Treatment of Osteoporosis
Candidates requiring treatment for osteoporosis include [28]:
Drugs approved for postmenopausal osteoporosis have been listed along with their dosage in Table 5 and their possible effects on fracture risk reduction have been mentioned in Table 6. Concomitant use of anti-osteoporotic drugs was thought to reduce the fracture risk better than using a single drug [29]. However, further studies have led to the non-recommendation of this practice [30]. The sequential use of drugs, first the anabolic group followed by the anti resorptive drugs has been found to be beneficial for patients [31].
BMD in progression of the treatment
BMD may be used for the prognosis and the follow-up of the treatment of osteoporosis. The treatment is said to have failed if there is substantial fall in the BMD or any fracture occurrence.
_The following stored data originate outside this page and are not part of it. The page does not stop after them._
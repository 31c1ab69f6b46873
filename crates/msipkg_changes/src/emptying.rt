//! Empty texts that are stored, which other programs take for free places of the string pool: they become null.

use msipkg_packages::is_list;
use msipkg_packages::msi::{
    ColumnType, Error, ErrorKind, Expr, Package, Rows, Select, Table, Update, Value, ValueView,
};
use msipkg_packages::output::{Failure, Opened};
use std::alloc::{AllocError, Global};

/// A column with empty texts that takes null.
struct Emptied {
    table: String,
    column: String,
    /// How many empty texts it has.
    count: usize,
}

/// Written out, so that a function that owns one calls one drop, and its proof doesn't go through those of the parts.
impl Drop for Emptied {
    fn drop(self) {
        let Emptied {
            table: _,
            column: _,
            count: _,
        } = self;
    }
}

/// Makes the empty texts of a package null where their columns take null, and returns how many there were. They stay
/// where two rows would share a key then.
pub(crate) fn empty_texts(alloc: Global, package: &mut Package<Opened>) -> Result<usize, Failure> {
    let mut found = Vec::new(alloc);
    for table in package.tables() {
        if !is_list(table) {
            find_columns(alloc, package, table, &mut found)?;
        }
    }
    empty_columns(alloc, package, found.as_slice())
}

/// Finds the columns of a table that have empty texts and take null. A table that can't be read has none.
fn find_columns(
    alloc: Global,
    package: &Package<Opened>,
    table: &Table,
    found: &mut Vec<Emptied>,
) -> Result<(), Failure> {
    for column in table.columns() {
        if !column.is_nullable() || !matches!(column.coltype(), ColumnType::Str(_)) {
            continue;
        }
        let count = count_of(alloc, package, table.name(), column.name())?;
        if count > 0 {
            found.push(emptied_column(alloc, table.name(), column.name(), count)?)?;
        }
    }
    Ok(())
}

fn emptied_column(
    alloc: Global,
    table: &str,
    column: &str,
    count: usize,
) -> Result<Emptied, AllocError> {
    Ok(Emptied {
        table: String::from_str(alloc, table)?,
        column: String::from_str(alloc, column)?,
        count,
    })
}

fn count_of(
    alloc: Global,
    package: &Package<Opened>,
    table: &str,
    column: &str,
) -> Result<usize, Failure> {
    let query = Select::table(alloc, table)?.columns(&[column])?;
    match package.select_rows(query) {
        Ok(rows) => Ok(count_empty(rows)),
        Err(error) => passed_over(error),
    }
}

/// Returns how many rows have an empty text as their only value.
fn count_empty(mut rows: Rows<'_>) -> usize {
    let mut count = 0usize;
    for _ in 0..rows.len() {
        if let Some(ValueView::Str(text)) = rows.get(0)
            && text.is_empty()
        {
            count = count.saturating_add(1);
        }
        rows.advance();
    }
    count
}

fn empty_columns(
    alloc: Global,
    package: &mut Package<Opened>,
    columns: &[Emptied],
) -> Result<usize, Failure> {
    let mut count = 0usize;
    for column in columns {
        count = count.saturating_add(empty_column(alloc, package, column)?);
    }
    Ok(count)
}

fn empty_column(
    alloc: Global,
    package: &mut Package<Opened>,
    column: &Emptied,
) -> Result<usize, Failure> {
    match package.update_rows(update_of(alloc, column)?) {
        Ok(()) => Ok(column.count),
        Err(error) => passed_over(error),
    }
}

fn update_of(alloc: Global, column: &Emptied) -> Result<Update, Error> {
    let name = column.column.as_str();
    let empty = Expr::string(alloc, "")?;
    let condition = Expr::col(alloc, name)?.eq(alloc, empty)?;
    Update::table(alloc, column.table.as_str())?
        .set(name, Value::Null)?
        .with(condition)
}

/// Returns 0 if a call failed for another reason than memory.
fn passed_over(error: Error) -> Result<usize, Failure> {
    if error.kind() == ErrorKind::OutOfMemory {
        return Err(Failure::from(error));
    }
    Ok(0)
}
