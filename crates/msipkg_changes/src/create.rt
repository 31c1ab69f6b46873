//! `new FILE`: a new package.

use msipkg_packages::msi::{CodePage, Package, PackageType};
use msipkg_packages::output::{Failure, Opened, System};
use msipkg_packages::{FileBytes, new_package, page_of, verified, write_package};
use std::alloc::Global;

/// Makes a file with a new package of a kind, `installer`, `patch` or `transform`. Its texts are in the code page of a
/// number, or in UTF-8 where none is given.
///
/// # Errors
/// Fails if there is no such kind or no such page, if the file is there already and isn't to be replaced, and as the
/// calls of the system do.
pub fn create_file(
    rt: &System,
    path: &str,
    kind: &str,
    page: Option<&str>,
    is_forced: bool,
) -> Result<(), Failure> {
    let bytes = new_bytes(rt.alloc(), kind, page)?;
    let bytes = verified(rt.alloc(), bytes)?;
    write_package(rt, path, is_forced, &bytes)
}

fn new_bytes(alloc: Global, kind: &str, page: Option<&str>) -> Result<FileBytes, Failure> {
    let kind = kind_of(kind)?;
    let page = match page {
        Some(number) => page_of(number)?,
        None => CodePage::Utf8,
    };
    let mut package = new_package(alloc, kind)?;
    set_pages(&mut package, page)?;
    Ok(FileBytes::of(&package)?)
}

fn kind_of(name: &str) -> Result<PackageType, Failure> {
    match name {
        "installer" => Ok(PackageType::Installer),
        "patch" => Ok(PackageType::Patch),
        "transform" => Ok(PackageType::Transform),
        _ => Err(Failure::rule("a package is an installer, a patch or a transform")),
    }
}

fn set_pages(package: &mut Package<Opened>, page: CodePage) -> Result<(), Failure> {
    package.set_database_codepage(page)?;
    Ok(package.summary_info_mut()?.set_codepage(page)?)
}
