//! Records carried out on rows of values.

ghost use Rattle.msi_transform_laws.specs.CarriedOut.{DifferencesGiveNewRows, RecordsGiveNewList};
ghost use Rattle.msi_transform_laws.specs.CarriedOut.{RecordsGiveNewTable};

/// The records of what differs between the rows of a table, carried out on the old rows, give the new ones.
pub fn differences_give_new_rows()
    ensures { DifferencesGiveNewRows }
{}

/// The records of a table, carried out on the rows that the old package has of it, give the new package's rows.
pub fn records_give_new_table()
    ensures { RecordsGiveNewTable }
{}

/// The records of `_Tables`, carried out on the old package's list of tables, give the new one's.
pub fn records_give_new_list()
    ensures { RecordsGiveNewList }
{}
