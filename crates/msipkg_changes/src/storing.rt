//! Putting a package that was changed in the place of its file, or in a new one.

use crate::change::Manner;
use crate::lost_texts::refusal;
use msipkg_format::{Shown, at_file};
use msipkg_packages::msi::Package;
use msipkg_packages::output::{Failure, Opened, Output, System};
use msipkg_packages::{
    Claim, FileBytes, FileState, bytes_to_write, named_page, replace_package, verified,
    write_package,
};
use std::alloc::Global;

/// A new file for a changed package.
#[derive(Clone, Copy)]
pub struct Destination<'a> {
    /// Its path.
    pub path: &'a str,
    /// Whether a file that is there already is replaced.
    pub is_forced: bool,
}

/// Replaces a file by a changed package, and leaves it alone if nothing was changed. `errors` gets a line if a
/// signature is no longer valid, and one if the file has other names, which keep the old package. After a failure the
/// file is as it was.
pub(crate) fn store(
    rt: &System,
    file: &str,
    claim: &Claim,
    package: Package<Opened>,
    state: FileState,
    manner: Manner,
    errors: &mut Output,
) -> Result<(), Failure> {
    let is_signed = package.has_digital_signature();
    let Some(bytes) = new_bytes(rt.alloc(), package, state)? else {
        return Ok(());
    };
    let bytes = checked(rt.alloc(), file, bytes, state, manner, errors)?;
    replace_package(rt, claim, &bytes)?;
    claim.note_names(file, errors);
    note_signature(file, is_signed, errors);
    Ok(())
}

/// Makes a file of a changed package. `errors` gets a line if a signature isn't valid there.
pub(crate) fn store_new(
    rt: &System,
    target: Destination<'_>,
    package: Package<Opened>,
    state: FileState,
    manner: Manner,
    errors: &mut Output,
) -> Result<(), Failure> {
    let (alloc, path) = (rt.alloc(), target.path);
    let is_signed = package.has_digital_signature();
    let bytes = match FileBytes::of(&package) {
        Ok(bytes) => bytes,
        Err(error) => return Err(refusal(alloc, &package, error)),
    };
    let bytes = checked(alloc, path, bytes, state, manner, errors)?;
    at_file(
        alloc,
        path,
        write_package(rt, path, target.is_forced, &bytes),
    )?;
    note_signature(path, is_signed, errors);
    Ok(())
}

fn new_bytes(
    alloc: Global,
    package: Package<Opened>,
    state: FileState,
) -> Result<Option<FileBytes>, Failure> {
    match bytes_to_write(&package, state.is_recoded) {
        Ok(bytes) => Ok(bytes),
        Err(error) => Err(refusal(alloc, &package, error)),
    }
}

/// Returns the bytes of a file, once they open as a package. `errors` gets a line if they name a page where it was 0.
fn checked(
    alloc: Global,
    file: &str,
    bytes: FileBytes,
    state: FileState,
    manner: Manner,
    errors: &mut Output,
) -> Result<FileBytes, Failure> {
    let bytes = if manner.is_verified {
        verified(alloc, bytes)?
    } else {
        bytes
    };
    if state.has_page_zero && !matches!(named_page(alloc, &bytes)?, Some(0)) {
        note(file, "page 0 becomes page 65001, which is UTF-8", errors);
    }
    Ok(bytes)
}

fn note_signature(file: &str, is_signed: bool, errors: &mut Output) {
    if is_signed {
        note(file, "its digital signature is no longer valid", errors);
    }
}

fn note(file: &str, text: &str, errors: &mut Output) {
    let file = Shown::escaped(file);
    writeln!(errors, "msipkg: {file}: {text}");
}
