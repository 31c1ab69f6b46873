//! Records of `_Tables` that remove tables, applied.

ghost use Rattle.msi_transform_laws.specs.TablesRemoved.{RemovingRecordsAreApplied};

use msi_pool::laws::{given_back_takes_one, taken_places_hold_their_text};

/// Applying records of `_Tables` that remove tables gives back the texts of their rows, and of the rows that list and
/// describe them; the texts of other cells stay.
pub fn removing_records_are_applied()
    ensures { RemovingRecordsAreApplied }
{
    taken_places_hold_their_text();
    given_back_takes_one();
}
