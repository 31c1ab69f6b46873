//! The records of `_Tables` and `_Columns` of a transform that is made.

ghost use Rattle.msi_transform_laws.specs.SchemaMade.{MadeSchemaIsNew};

use msi_pool::laws::{given_back_takes_one, taken_places_hold_their_text};

/// Applying the records of `_Tables` and `_Columns` gives each table the new package's columns.
pub fn made_schema_is_new()
    ensures { MadeSchemaIsNew }
{
    taken_places_hold_their_text();
    given_back_takes_one();
}
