//! Records of `_Tables` and of `_Columns`, applied.

ghost use Rattle.msi_transform_laws.specs.SchemaApplied.{ColumnRecordsAreApplied, ListingRecordsAreApplied};

use msi_pool::laws::{given_back_takes_one, taken_places_hold_their_text};

/// Applying records of `_Tables` adds the tables that they list, where the package has none of them.
pub fn listing_records_are_applied()
    ensures { ListingRecordsAreApplied }
{
    taken_places_hold_their_text();
    given_back_takes_one();
}

/// Applying records of `_Columns` adds the columns that they describe behind those that their tables have.
pub fn column_records_are_applied()
    ensures { ColumnRecordsAreApplied }
{
    taken_places_hold_their_text();
    given_back_takes_one();
}
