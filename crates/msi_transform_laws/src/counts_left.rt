//! The counts of the pool that is left once a transform that is made is applied.

ghost use Rattle.msi_transform_laws.specs.CountsLeft.{MadeCountsAreExact};

use msi_pool::laws::{given_back_takes_one, taken_places_hold_their_text};

/// Once the records of a transform that is made are applied to an old package whose counts are exact, they are exact
/// again: each place counts the cells of the tables that are left.
pub fn made_counts_are_exact()
    ensures { MadeCountsAreExact }
{
    taken_places_hold_their_text();
    given_back_takes_one();
}
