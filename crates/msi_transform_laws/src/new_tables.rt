//! A transform that is made, applied to the old package.

ghost use Rattle.msi_transform_laws.specs.NewTables.{MadeTransformsGiveNewTables};

use msi_pool::laws::{given_back_takes_one, taken_places_hold_their_text};

/// A transform that is made is applied to the old package, and the tables that are stored anew have the new package's
/// columns and rows.
pub fn made_transforms_give_new_tables()
    ensures { MadeTransformsGiveNewTables }
{
    taken_places_hold_their_text();
    given_back_takes_one();
}
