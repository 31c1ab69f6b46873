//! Conditions that ignore more errors.

ghost use Rattle.msi_transform_laws.specs.MoreConditions.{MoreConditionsLeaveTheSame};

/// A transform that is applied leaves the same where more errors are ignored.
pub fn more_conditions_leave_the_same()
    ensures { MoreConditionsLeaveTheSame }
{}
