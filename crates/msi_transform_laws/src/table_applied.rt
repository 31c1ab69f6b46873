//! The records of a table, applied to the rows that the old package has of it.

ghost use Rattle.msi_transform_laws.specs.TableApplied.{MadeRecordsGiveNewRows};

use msi_pool::laws::{given_back_takes_one, taken_places_hold_their_text};

/// Applying the records that a transform that is made has of a table to the old package's rows leaves the rows of the
/// new package.
pub fn made_records_give_new_rows()
    ensures { MadeRecordsGiveNewRows }
{
    taken_places_hold_their_text();
    given_back_takes_one();
}
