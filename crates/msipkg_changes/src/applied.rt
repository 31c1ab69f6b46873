//! Statements carried out on a package.

use crate::describing::change_validation;
use crate::outcome::Carried;
use msipkg_format::{Shown, said};
use msipkg_import::VALIDATION;
use msipkg_packages::msi::parts::{deleted_rows, row_count, updated_rows};
use msipkg_packages::msi::{Error, Package, Statement};
use msipkg_packages::output::{Failure, Opened, System};
use msipkg_queries::{Written, stream_files};
use msipkg_statements::definition::Definition;
use msipkg_statements::stream_changes::{fill_streams, streams_met};
use msipkg_statements::{Fitted, explained, fitted_statement};
use std::alloc::Global;

/// Carries out a change of rows and of their streams, and returns what it did. The rows are counted first, but why that
/// fails is reported last.
pub(crate) fn apply_rows(
    rt: &System,
    package: &mut Package<Opened>,
    statement: Statement,
    written: Written<'_>,
) -> Result<Carried, Failure> {
    let alloc = rt.alloc();
    let files = stream_files(alloc, written)?;
    let Fitted { statement, streams } = fitted_statement(
        alloc,
        package,
        statement,
        files.as_slice(),
    )?;
    let carried = counted(package, &statement);
    let streams = streams_met(alloc, package, &statement, streams);
    match apply_statement(package, statement) {
        Ok(()) => {
            fill_streams(rt, package, streams?.as_slice())?;
            Ok(carried?)
        }
        Err(failure) => Err(explained(alloc, package, written, failure)),
    }
}

/// Carries out a change of what `_Validation` says of columns, if the package has it.
pub(crate) fn apply_columns(
    rt: &System,
    package: &mut Package<Opened>,
    statement: Statement,
    written: Written<'_>,
) -> Result<Carried, Failure> {
    if !package.has_table(VALIDATION) {
        return apply_rows(rt, package, statement, written);
    }
    let alloc = rt.alloc();
    let Fitted {
        statement,
        streams: _,
    } = fitted_statement(alloc, package, statement, &[])?;
    let carried = counted(package, &statement);
    match change_validation(alloc, package, statement) {
        Ok(()) => Ok(carried?),
        Err(failure) => Err(explained(alloc, package, written, failure)),
    }
}

/// Carries out a statement on rows. Fails for a `SELECT`. After a failure nothing has changed.
pub(crate) fn apply_statement(
    package: &mut Package<Opened>,
    statement: Statement,
) -> Result<(), Failure> {
    let changed = match statement {
        Statement::Select(_) => {
            return Err(Failure::rule("it changes nothing; query prints its rows"));
        }
        Statement::Insert(insert) => package.insert_rows(insert),
        Statement::Update(update) => package.update_rows(update),
        Statement::Delete(delete) => package.delete_rows(delete),
    };
    Ok(changed?)
}

/// Returns what a statement does, and to how many rows: an insert to those that it has, the others to those that meet
/// their condition.
pub(crate) fn counted(package: &Package<Opened>, statement: &Statement) -> Result<Carried, Error> {
    match statement {
        Statement::Select(_) => Ok(Carried::Changed(0)),
        Statement::Insert(insert) => Ok(Carried::Inserted(row_count(insert))),
        Statement::Update(update) => {
            let rows = package.select_rows(updated_rows(update)?)?;
            Ok(Carried::Changed(rows.len()))
        }
        Statement::Delete(delete) => {
            let rows = package.select_rows(deleted_rows(delete)?)?;
            Ok(Carried::Deleted(rows.len()))
        }
    }
}

/// Carries out a change of tables, and returns what it did. After a failure nothing has changed.
pub(crate) fn apply_definition(
    alloc: Global,
    package: &mut Package<Opened>,
    definition: Definition<'_>,
) -> Result<Carried, Failure> {
    match definition {
        Definition::Create { table, columns } => {
            package.create_table(table, columns)?;
            Ok(Carried::Created)
        }
        Definition::Add { table, column } => {
            check_new(alloc, package, table, column.name())?;
            package.add_column(table, column)?;
            Ok(Carried::Added)
        }
        Definition::Remove { table } => {
            package.drop_table(table)?;
            Ok(Carried::Dropped)
        }
    }
}

/// Fails if a table has a column of this name.
fn check_new(
    alloc: Global,
    package: &Package<Opened>,
    table: &str,
    column: &str,
) -> Result<(), Failure> {
    match package.get_table(table) {
        Some(known) if known.has_column(column) => {
            let (table, column) = (Shown::escaped(table), Shown::escaped(column));
            Err(said(format!(in alloc; "{table}: column {column} is there already")))
        }
        Some(_) | None => Ok(()),
    }
}
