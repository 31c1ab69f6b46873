//! Transforms that are made, applied to the old package.

ghost use Rattle.msi_transform_laws.specs.TransformsApplied.{MadeTransformsGiveNewPackage};

use msi_pool::laws::{given_back_takes_one, taken_places_hold_their_text};

/// A transform that is made of two packages can be applied to the old one, and what is left has the tables, columns and
/// rows of the new one.
pub fn made_transforms_give_new_package()
    ensures { MadeTransformsGiveNewPackage }
{
    taken_places_hold_their_text();
    given_back_takes_one();
}
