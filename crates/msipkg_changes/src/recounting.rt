//! The counts of a package's texts: counting them anew, and what is said where they are too low for a change.

ghost use Rattle.msipkg_changes.specs.TransformsInTurn.{IsMended};

use crate::change::Manner;
use crate::emptying::empty_texts;
use crate::outcome::{Outcome, note_mended};
use crate::pages::recode;
use crate::storing::store;
use msipkg_format::Shown;
use msipkg_packages::msi::Package;
use msipkg_packages::output::{Failure, Opened, Output, System};
use msipkg_packages::{Claim, PackageFile, open_to_change};
use msipkg_transforms::is_miscounted;
use std::alloc::Global;

/// Counts the texts of a file's package anew and makes its empty texts null, and replaces the file if that changed
/// something. Then `notes` gets lines that say how many.
///
/// # Errors
/// Fails as `Claim::take`, `open_package`, `Package::recount`, `bytes_to_write` and the calls of the system do. Then
/// the file is as it was.
pub fn mend_counts(
    rt: &System,
    file: &PackageFile<'_>,
    manner: Manner,
    notes: &mut Output,
) -> Result<(), Failure> {
    let claim = Claim::take(rt, file.path)?;
    let (mut package, state) = open_to_change(rt, file, notes)?;
    let mended = mend(rt.alloc(), &mut package)?;
    if mended.is_nothing() {
        return Ok(());
    }
    let mut outcome = Outcome::new(rt.alloc());
    recode(&mut package, file.purpose, manner, &mut outcome)?;
    store(rt, file.path, &claim, package, state, manner, notes)?;
    mended.note(file.path, notes);
    Ok(())
}

/// What was mended in a package.
#[derive(Clone, Copy)]
struct Mended {
    /// How many counts were wrong.
    counts: u32,
    /// How many empty texts became null.
    texts: usize,
}

impl Mended {
    fn is_nothing(self) -> bool {
        self.counts == 0 && self.texts == 0
    }

    fn note(self, file: &str, notes: &mut Output) {
        note_mended(file, self.counts, notes);
        let file = Shown::escaped(file);
        match self.texts {
            0 => {}
            1 => writeln!(notes, "msipkg: {file}: 1 empty text is null now"),
            texts => writeln!(notes, "msipkg: {file}: {texts} empty texts are null now"),
        }
    }
}

fn mend(alloc: Global, package: &mut Package<Opened>) -> Result<Mended, Failure> {
    let counts = package.recount()?;
    let texts = empty_texts(alloc, package)?;
    Ok(Mended { counts, texts })
}

/// Counts the texts of a package anew if their counts are too low for a change, unless that is to be refused.
pub(crate) fn mend_first(package: &mut Package<Opened>, manner: Manner, outcome: &mut Outcome)
    ensures { IsMended «package».old «package».new }
{
    if manner.is_strict || !is_miscounted(package) {
        return;
    }
    // Where this is refused, the change is too.
    if let Ok(changed) = package.recount() {
        outcome.add_mended(changed);
    }
}

/// Returns the failure of a change, with the note that counting the package anew mends it, if that is so. The package
/// is counted anew then.
pub(crate) fn noted(package: &mut Package<Opened>, failure: Failure) -> Failure {
    if failure.is_invalid_data() && is_miscounted(package) && package.recount().is_ok() {
        failure.mended_by_counting()
    } else {
        failure
    }
}
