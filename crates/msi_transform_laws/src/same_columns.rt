//! Packages whose tables have the same columns.

ghost use Rattle.msi_transform_laws.specs.SameColumns.{SameColumnsGiveNewTables};

use msi_pool::laws::{given_back_takes_one, taken_places_hold_their_text};

/// A transform that is made of packages whose tables have the same columns is applied to the old package, and changes
/// its tables into those of the new one.
pub fn same_columns_give_new_tables()
    ensures { SameColumnsGiveNewTables }
{
    taken_places_hold_their_text();
    given_back_takes_one();
}
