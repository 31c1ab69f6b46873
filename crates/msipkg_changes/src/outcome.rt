//! What a change did, which is said once the file is written.

use msipkg_format::{JsonObject, Shown, Style};
use msipkg_import::Added;
use msipkg_packages::output::Output;
use std::alloc::{AllocError, Global};

/// What a statement did, and to how many rows.
#[derive(Clone, Copy, Debug)]
pub(crate) enum Carried {
    Inserted(usize),
    Changed(usize),
    Deleted(usize),
    Created,
    /// A column was added.
    Added,
    Dropped,
}

impl Carried {
    fn count(self) -> usize {
        match self {
            Carried::Inserted(count) | Carried::Changed(count) | Carried::Deleted(count) => count,
            Carried::Created | Carried::Added | Carried::Dropped => 0,
        }
    }

    fn word(self) -> &'static str {
        match self {
            Carried::Inserted(_) => "inserted",
            Carried::Changed(_) => "changed",
            Carried::Deleted(_) => "deleted",
            Carried::Created => "created",
            Carried::Added => "added",
            Carried::Dropped => "dropped",
        }
    }

    /// Writes what was done, as `1 row changed`.
    fn write(self, output: &mut Output) {
        let (count, word) = (self.count(), self.word());
        match self {
            Carried::Created | Carried::Dropped => writeln!(output, "table {word}"),
            Carried::Added => writeln!(output, "column {word}"),
            Carried::Inserted(_) | Carried::Changed(_) | Carried::Deleted(_) => {
                let rows = if count == 1 { "row" } else { "rows" };
                writeln!(output, "{count} {rows} {word}");
            }
        }
    }
}

/// What a change did.
pub(crate) struct Outcome {
    /// What adding `_Validation` did, if it was added.
    added: Option<Added>,
    /// Whether the package was made anew, for other rows of `_Validation`.
    is_anew: bool,
    /// How many reference counts were mended first.
    mended: u32,
    /// What each statement did.
    carried: Vec<Carried>,
}

/// Written out, so that a function that owns one calls one drop, and its proof doesn't go through those of the parts.
impl Drop for Outcome {
    fn drop(self) {
        let Outcome {
            added: _,
            is_anew: _,
            mended: _,
            carried: _,
        } = self;
    }
}

impl Outcome {
    pub(crate) fn new(alloc: Global) -> Outcome {
        Outcome {
            added: None,
            is_anew: false,
            mended: 0,
            carried: Vec::new(alloc),
        }
    }

    /// Adds that `_Validation` was added.
    pub(crate) fn add_validation(&mut self, added: Added) {
        self.added = Some(added);
    }

    /// Writes lines about the file if `_Validation` was added.
    pub(crate) fn note_added(&self, file: &str, notes: &mut Output) {
        if let Some(added) = self.added {
            added.note(file, notes);
        }
    }

    /// Notes that the package was made anew.
    pub(crate) fn note_anew(&mut self) {
        self.is_anew = true;
    }

    pub(crate) fn is_anew(&self) -> bool {
        self.is_anew
    }

    pub(crate) fn add_mended(&mut self, count: u32) {
        self.mended = self.mended.saturating_add(count);
    }

    pub(crate) fn add_carried(&mut self, carried: Carried) -> Result<(), AllocError> {
        Ok(self.carried.push(carried)?)
    }

    pub(crate) fn note_mended(&self, file: &str, notes: &mut Output) {
        note_mended(file, self.mended, notes);
    }

    pub(crate) fn note_carried(&self, file: &str, notes: &mut Output) {
        for carried in &self.carried {
            write!(notes, "msipkg: {}: ", Shown::escaped(file));
            carried.write(notes);
        }
    }

    pub(crate) fn print(&self, alloc: Global, style: Style, file: &str, output: &mut Output) {
        let mut object = JsonObject::new(alloc);
        object.put_text("file", Some(file));
        object.open_list("rows");
        for carried in &self.carried {
            object.put_number_item(i64::try_from(carried.count()).unwrap_or(i64::MAX));
        }
        object.close_list();
        object.print_line(style, output);
    }
}

pub(crate) fn note_mended(file: &str, count: u32, notes: &mut Output) {
    if count > 0 {
        let (file, counts) = (
            Shown::escaped(file),
            if count == 1 { "count is" } else { "counts are" },
        );
        writeln!(notes, "msipkg: {file}: {count} reference {counts} mended");
    }
}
Operative treatment for osteoporosis
Most commonly occurring fractures are the vertebral fractures and there has always been a difference of opinion regarding the management of the same. Vertebroplasty though decreases the pain instantly but doesn’t increase the vertebral height to normal whereas, Kyphoplasty increases the vertebral height along with the reduction in the pain but is expensive [32- 36]. The surgeon should be careful in the fixation of the other fractures by using locking plates and HA coated implants to provide a stable fixation.
Conclusion
The incidence of postmenopausal osteoporosis is on the rise and one should be careful in the management and suitable pharmacotherapy should be given which is tailor made for each and every patient.